# Stochastic Gradient Descent

Before we start to talk about the SGD, first we need to have a rough idea about Gradient Descent. Here is a sample code for Gradient Descent.

In [1]:
import numpy as np

# generate data
np.random.seed(42)
X = 2 * np.random.rand(100, 10)
y = 4 + 3 * X.dot(np.random.randn(10, 1)) + np.random.randn(100, 1)

# init
theta = np.random.randn(11, 1)

# adding intercept
X_b = np.c_[np.ones((100, 1)), X]

learning_rate = 0.1
num_iterations = 1000

for iteration in range(num_iterations):

    y_pred = X_b.dot(theta)
    
    # calculate loss
    loss = np.mean((y_pred - y)**2)
    
    # calculate gradient
    gradient = 2 * X_b.T.dot(y_pred - y) / len(y)
    
    # update parameter
    theta = theta - learning_rate * gradient

# 输出最终优化的模型参数
print("Optimized parameters:", theta)

Optimized parameters: [[-4.12341880e+75]
 [-3.88876855e+75]
 [-4.76192661e+75]
 [-3.87814045e+75]
 [-4.31970070e+75]
 [-3.81708271e+75]
 [-4.50407650e+75]
 [-3.94387939e+75]
 [-4.28411920e+75]
 [-4.33983404e+75]
 [-3.97085642e+75]]


We can see that the calculation is related to all 10 features. When the number of features go up, the speed of calculation will be incredibly slow.

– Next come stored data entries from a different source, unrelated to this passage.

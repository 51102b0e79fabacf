//! Works that may be refused memory: a run of `jsbase`, of a pass over a program, or of a call.
//!
//! The arguments are `refuse`, then `jsbase` or `pass` and the words of a command or a pass and a goal, each by itself; or a work of
//! `library`, and the words of its row in one.
use crate::engine::run_words;
use crate::library;
use crate::programs::{Pass, class_of};
use anyhow::{Result, bail};
use gate_rows::{Asked, Given, Said, Work};
use jsbase_engine::{Fault, ServeFault, report};
use std::alloc::{AllocError, Global};
use swc_tree_marks::PassError;
use swc_tree_node::Class;

// A run of `jsbase`, with room for what it writes.
#[derive(Drop)]
struct Written {
    arguments: Vec<String>,
    input: String,
    output: Vec<u8>,
}

// A run of a pass over one program.
#[derive(Drop)]
struct Passed {
    pass: Pass,
    programs: Vec<Given>,
}

impl Written {
    fn of_asked(alloc: Global, arguments: &[String], asked: &Asked) -> Option<Written> {
        let mut copies = Vec::new(alloc);
        for argument in arguments {
            copies.push(argument.clone().ok()?).ok()?;
        }
        Some(Written {
            arguments: copies,
            input: asked.input.clone().ok()?,
            output: Vec::with_capacity(alloc, asked.wanted.len().saturating_add(1)).ok()?,
        })
    }
}

impl Work for Written {
    // A fault but want of memory is told as the program tells it.
    fn run(&mut self, alloc: Global) -> Option<Result<(), PassError>> {
        let input = self.input.as_bytes();
        match run_words(alloc, self.arguments.as_slice(), input, &mut self.output) {
            Err(ServeFault::NoMemory | ServeFault::Run(Fault::Refused(PassError::NoMemory))) => {
                return Some(Err(PassError::NoMemory));
            }
            Err(fault) => {
                let _status = report(&fault, &mut self.output);
            }
            Ok(()) => {}
        }
        Some(Ok(()))
    }

    fn is_kept(&mut self, _alloc: Global) -> Option<bool> {
        Some(self.output.is_empty())
    }

    fn is_ample(
        self,
        _alloc: Global,
        _answer: Result<(), PassError>,
        wanted: &str,
    ) -> Option<bool> {
        Some(self.output.as_slice().strip_suffix(b"\n")? == wanted.as_bytes())
    }
}

// The pass that a word names, or that of a row.
fn pass_named(alloc: Global, word: &str, input: &str, given: &Given) -> Option<Pass> {
    match Pass::of_word(alloc, word, given) {
        Ok(pass) => Some(pass),
        Err(_) => Pass::of_row(alloc, word, input, given).ok(),
    }
}

impl Passed {
    fn of_asked(alloc: Global, word: &str, class: Class, asked: &Asked) -> Option<Passed> {
        let given = Given::read(alloc, class, asked.input.as_str()).ok()?;
        let pass = pass_named(alloc, word, asked.input.as_str(), &given)?;
        let mut programs = Vec::new(alloc);
        programs.push(given).ok()?;
        Some(Passed { pass, programs })
    }

    // What is left of the program, behind the moves that the pass asked for.
    fn left(&mut self, alloc: Global, answer: Result<(), PassError>) -> Option<String> {
        let left = self.programs.pop()?.left(alloc, answer).ok()?;
        self.pass.before(alloc, left).ok()
    }
}

impl Work for Passed {
    fn run(&mut self, alloc: Global) -> Option<Result<(), PassError>> {
        Some(self.pass.visit(alloc, self.programs.as_mut_slice()))
    }

    fn is_kept(&mut self, _alloc: Global) -> Option<bool> {
        Some(self.programs.first()?.is_emptied())
    }

    // A refusal is wanted as `jsbase` tells it.
    fn is_ample(
        mut self,
        alloc: Global,
        answer: Result<(), PassError>,
        wanted: &str,
    ) -> Option<bool> {
        match answer {
            Ok(()) => Some(self.left(alloc, answer)?.as_str() == wanted),
            Err(error) => Some(wanted.strip_prefix("refused: ")? == error.name()),
        }
    }
}

// Words in one line.
fn joined(alloc: Global, words: &[String]) -> Result<String, AllocError> {
    let mut line = String::new(alloc);
    for (index, word) in words.iter().enumerate() {
        if index > 0 {
            line.push_str(" ")?;
        }
        line.push_str(word.as_str())?;
    }
    Ok(line)
}

// Of a command of `jsbase`, or of a pass and a goal.
fn reply_of_words(alloc: Global, work: &str, words: &[String], asked: &Asked) -> Result<Said> {
    let [before @ .., class] = words else {
        bail!("usage: gate_replay refuse jsbase|pass WORD.. module|script");
    };
    if work == "jsbase" {
        return asked.of(alloc, Written::of_asked(alloc, words, asked));
    }
    let class = class_of(class.as_str())?;
    let word = joined(alloc, before)?;
    asked.of(alloc, Passed::of_asked(alloc, word.as_str(), class, asked))
}

fn reply(alloc: Global, arguments: &[String], asked: &Asked) -> Result<Said> {
    match arguments {
        [_, work, words @ ..] if matches!(work.as_str(), "jsbase" | "pass") => {
            reply_of_words(alloc, work.as_str(), words, asked)
        }
        [_, work, words] => library::reply(alloc, work.as_str(), words.as_str(), asked),
        _ => bail!("usage: gate_replay refuse jsbase|pass|WORK WORD.."),
    }
}

/// Says of the work of the arguments what the lines of standard input ask.
pub fn serve(rt: &HostRuntime, arguments: &[String]) -> Result<()> {
    let asked = Asked::read(rt)?;
    reply(rt.alloc(), arguments, &asked)?.tell(rt)
}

Thus, SGD is created to solve these kind of problem.

## Basic Idea

The basic idea of SGD is randomly choosing one feature for each iteration and use the gradient of that feature to substitute the gradient of all features. This means that the calculation speed will be n times faster for n features.

## Math Proof

Instead of providing strict math proof, I will only provide some qualitative analysis limited by my poor math ability.

Here is a illustration of gradient descent algorithm with different iteration step. As we can see, when the iteration step is small, the optimization goes nice and smooth. However, when the iteration step becomes large, the curve goes wildly.

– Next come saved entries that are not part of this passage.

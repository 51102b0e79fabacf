//! Rows of what is read and written: each call of a reader and of a writer fails in turn.
//!
//! The words are a command and a goal. The answer is how many calls of the reader and how many of the writer were tried, if each
//! left what it has to leave: nothing was written where a read failed, and where a write did, what it says was written and no more.
use crate::engine::split;
use crate::streams::{Failure, Sink, Source};
use anyhow::{Result, bail};
use jsbase_engine::{Command, Kind, ServeFault, run, serve, words};
use std::alloc::Global;
use std::io::ErrorKind;

// How many bytes a call reads, and how many it writes.
const READ: usize = 100;

const WRITTEN: usize = 7;

// How many calls no row makes.
const MANY: usize = 100_000;

/// What is served, and the answer to it.
#[derive(Clone, Copy)]
struct Served<'a> {
    command: Command,
    kind: Kind,
    input: &'a [u8],
    answer: &'a [u8],
}

// How many calls it takes to hand on so many bytes.
fn calls(bytes: usize, most: usize) -> usize {
    bytes.div_ceil(most.max(1))
}

impl Served<'_> {
    // What a run leaves of the writer.
    fn run(
        &self,
        alloc: Global,
        source: &mut Source<'_>,
        sink: &mut Sink,
    ) -> Result<(), ServeFault> {
        serve(alloc, self.command, self.kind, source, sink)
    }

    // Whether all is served by many calls that hand on little.
    fn is_served(&self, alloc: Global) -> bool {
        let mut source = Source::new(self.input, READ, MANY, ErrorKind::Other);
        let mut sink = Sink::new(Vec::new(alloc), WRITTEN, MANY, Failure::Error);
        self.run(alloc, &mut source, &mut sink).is_ok() && sink.taken.as_slice() == self.answer
    }

    // Whether a read that fails after so many is told, and nothing written.
    fn is_unread(&self, alloc: Global, reads: usize, failure: ErrorKind) -> bool {
        let mut source = Source::new(self.input, READ, reads, failure);
        let mut sink = Sink::new(Vec::new(alloc), WRITTEN, MANY, Failure::Error);
        let answer = self.run(alloc, &mut source, &mut sink);
        matches!(answer, Err(ServeFault::Read)) && sink.taken.is_empty()
    }

    // Whether a write that fails after so many is told with what was written.
    fn is_unwritten(&self, alloc: Global, writes: usize, failure: Failure) -> bool {
        let mut source = Source::new(self.input, READ, MANY, ErrorKind::Other);
        let mut sink = Sink::new(Vec::new(alloc), WRITTEN, writes, failure);
        let answer = self.run(alloc, &mut source, &mut sink);
        let Err(ServeFault::Write(written)) = answer else {
            return false;
        };
        sink.taken.len() == written && self.answer.starts_with(sink.taken.as_slice())
    }

    // Whether each read that fails is told.
    fn reads_fail(&self, alloc: Global, reads: usize) -> bool {
        for count in 0..reads {
            if !self.is_unread(alloc, count, ErrorKind::Other)
                || !self.is_unread(alloc, count, ErrorKind::Interrupted)
            {
                return false;
            }
        }
        true
    }

    // Whether each write that fails, or takes nothing, is told.
    fn writes_fail(&self, alloc: Global, writes: usize) -> bool {
        for count in 0..writes {
            for failure in [Failure::Error, Failure::Interruption, Failure::Nothing] {
                if !self.is_unwritten(alloc, count, failure) {
                    return false;
                }
            }
        }
        true
    }
}

/// What is answered to a row: how many reads and writes were tried.
pub fn answer(alloc: Global, arguments: &str, input: &str) -> Result<String> {
    let arguments = split(alloc, arguments)?;
    let Ok((command, kind)) = words(arguments.as_slice()) else {
        bail!("a command and a goal are needed");
    };
    let input = input.as_bytes();
    let Ok(answer) = run(alloc, command, kind, input) else {
        bail!("the input has no answer");
    };
    let served = Served {
        command,
        kind,
        input,
        answer: answer.as_slice(),
    };
    // The last read finds the end.
    let reads = calls(input.len(), READ).saturating_add(1);
    let writes = calls(answer.len(), WRITTEN);
    if !served.is_served(alloc) {
        bail!("the answer is not served");
    }
    if !served.reads_fail(alloc, reads) || !served.writes_fail(alloc, writes) {
        bail!("a call that failed is not told as it should be");
    }
    Ok(format!(in alloc; "{reads} reads and {writes} writes fail")?)
}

![gds](../../../src/gd_s.png)

![gdl](../../../src/gd_l.png)

For SGD algorithm, the model is far more sensitive to the iteration step. When iteration step becomes large, the fluctuation will become much bigger.

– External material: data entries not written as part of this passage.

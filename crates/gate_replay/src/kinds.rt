//! Goes over the table of the tree: a node of each kind is read from JSON and written back, and each field of each
//! kind is spoilt in three ways, of which each must be a fault at its place.
mod faults;
mod samples;

use faults::{Fault, parts_of, place};
use jsbase_reader::{ReadError, read};
use jsbase_writer::write;
use json::Scratch;
use samples::add_node;
use std::alloc::Global;
use std::fmt::Write;
use swc_tree_marks::Globals;
use swc_tree_node::{Class, Content, Field, Kind, Slot, fields_of, kinds_of, name_of};

// More than there are kinds.
const MANY: usize = 200;

const FAULTS: [Fault; 3] = [Fault::WrongType, Fault::Missing, Fault::ExtraLevel];

// A kind, and a class that takes it.
#[derive(Clone, Copy)]
struct Placed {
    kind: Kind,
    class: Class,
}

// What was gone over, and which kinds and fields differ.
#[derive(Drop)]
struct Tally {
    kinds: u32,
    faults: u32,
    differ: u32,
    differing: String,
}

fn class_in(slot: Slot) -> Option<Class> {
    match slot {
        Slot::One(Content::Node(class))
        | Slot::Optional(Content::Node(class))
        | Slot::List(Content::Node(class))
        | Slot::Holes(Content::Node(class))
        | Slot::OptionalList(Content::Node(class)) => Some(class),
        _ => None,
    }
}

fn is_placed(placed: &[Placed], kind: Kind) -> bool {
    for known in placed {
        if known.kind == kind {
            return true;
        }
    }
    false
}

fn add_class(placed: &mut Vec<Placed>, class: Class) -> Option<()> {
    for kind in kinds_of(class) {
        if !is_placed(placed.as_slice(), *kind) {
            placed.push(Placed { kind: *kind, class }).ok()?;
        }
    }
    Some(())
}

fn add_fields(placed: &mut Vec<Placed>, kind: Kind) -> Option<()> {
    for field in fields_of(kind) {
        if let Some(class) = class_in(field.slot) {
            add_class(placed, class)?;
        }
    }
    Some(())
}

// Adds every kind that a program may hold.
fn add_all(placed: &mut Vec<Placed>) -> Option<()> {
    add_class(placed, Class::Module)?;
    add_class(placed, Class::Script)?;
    for i in 0..MANY {
        if let Some(next) = placed.get(i).copied() {
            add_fields(placed, next.kind)?;
        }
    }
    Some(())
}

// The JSON that a text is written as once it was read as a node of the class, or the place of its first fault.
fn read_and_written(alloc: Global, class: Class, text: &str) -> Option<String> {
    let globals = Globals::new(alloc);
    let mut scratch = Scratch::new(alloc);
    let value = json::Value::parse(alloc, text, &mut scratch).ok()?;
    match read(alloc, &globals, &value, Slot::One(Content::Node(class))) {
        Ok(node) => write(alloc, &node).ok(),
        Err(ReadError::Fault(path)) => path.to_text(alloc).ok(),
        Err(ReadError::NoMemory) => None,
    }
}

fn is_kept(alloc: Global, placed: Placed) -> Option<bool> {
    let mut text = String::new(alloc);
    add_node(&mut text, placed.kind, "", None).ok()?;
    let written = read_and_written(alloc, placed.class, text.as_str())?;
    let sorted = serde_json::Value::from_str(alloc, text.as_str())
        .ok()?
        .to_string(alloc)
        .ok()?;
    Some(written.as_str() == sorted.as_str())
}

fn is_at(found: &str, key: &str, inner: &str) -> bool {
    match found.strip_prefix("$.") {
        Some(rest) => rest.strip_prefix(key) == Some(inner),
        None => false,
    }
}

// What is found where the part of a key has a fault.
fn found(alloc: Global, placed: Placed, key: &str, fault: Fault) -> Option<String> {
    let mut text = String::new(alloc);
    add_node(&mut text, placed.kind, key, Some(fault)).ok()?;
    read_and_written(alloc, placed.class, text.as_str())
}

impl Tally {
    fn note(&mut self, kind: Kind, what: &str) -> Option<()> {
        self.differ = self.differ.saturating_add(1);
        self.differing.push_str(" ").ok()?;
        self.differing.push_str(name_of(kind)).ok()?;
        self.differing.push_str(what).ok()
    }

    fn add_fault(
        &mut self,
        alloc: Global,
        placed: Placed,
        part: &Field,
        fault: Fault,
    ) -> Option<()> {
        let Some(inner) = place(part.slot, fault) else {
            return Some(());
        };
        self.faults = self.faults.saturating_add(1);
        if is_at(
            found(alloc, placed, part.key, fault)?.as_str(),
            part.key,
            inner,
        ) {
            return Some(());
        }
        self.note(placed.kind, part.key)
    }

    fn add_part(&mut self, alloc: Global, placed: Placed, part: &Field) -> Option<()> {
        for fault in FAULTS {
            self.add_fault(alloc, placed, part, fault)?;
        }
        Some(())
    }

    fn add_kind(&mut self, alloc: Global, placed: Placed) -> Option<()> {
        self.kinds = self.kinds.saturating_add(1);
        if !is_kept(alloc, placed)? {
            self.note(placed.kind, "")?;
        }
        for part in parts_of(placed.kind) {
            self.add_part(alloc, placed, part)?;
        }
        Some(())
    }

    fn add_kinds(&mut self, alloc: Global, placed: &[Placed]) -> Option<()> {
        for each in placed {
            self.add_kind(alloc, *each)?;
        }
        Some(())
    }
}

/// Says how many kinds and faults there are, and which differ.
pub fn answer(alloc: Global) -> Option<String> {
    let mut placed = Vec::new(alloc);
    add_all(&mut placed)?;
    let mut tally = Tally {
        kinds: 0,
        faults: 0,
        differ: 0,
        differing: String::new(alloc),
    };
    tally.add_kinds(alloc, placed.as_slice())?;
    let (kinds, faults, differ) = (tally.kinds, tally.faults, tally.differ);
    let differing = tally.differing.as_str();
    format!(in alloc;
        "{kinds} kinds written as they were read, {faults} faults found, {differ} differ{differing}"
    ).ok()
}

![sgds](../../../src/sgd_s.png)

![sgdl](../../../src/sgd_l.png)

One of important pattern of SGD is that the curve is smooth at beginning which is similar to the gradient descent. However, the fluctuation will appear when curve is close to the optimal target. This pattern will help us prevent overfit and make the mdoel more robust to the noise in the perspective of machine learning.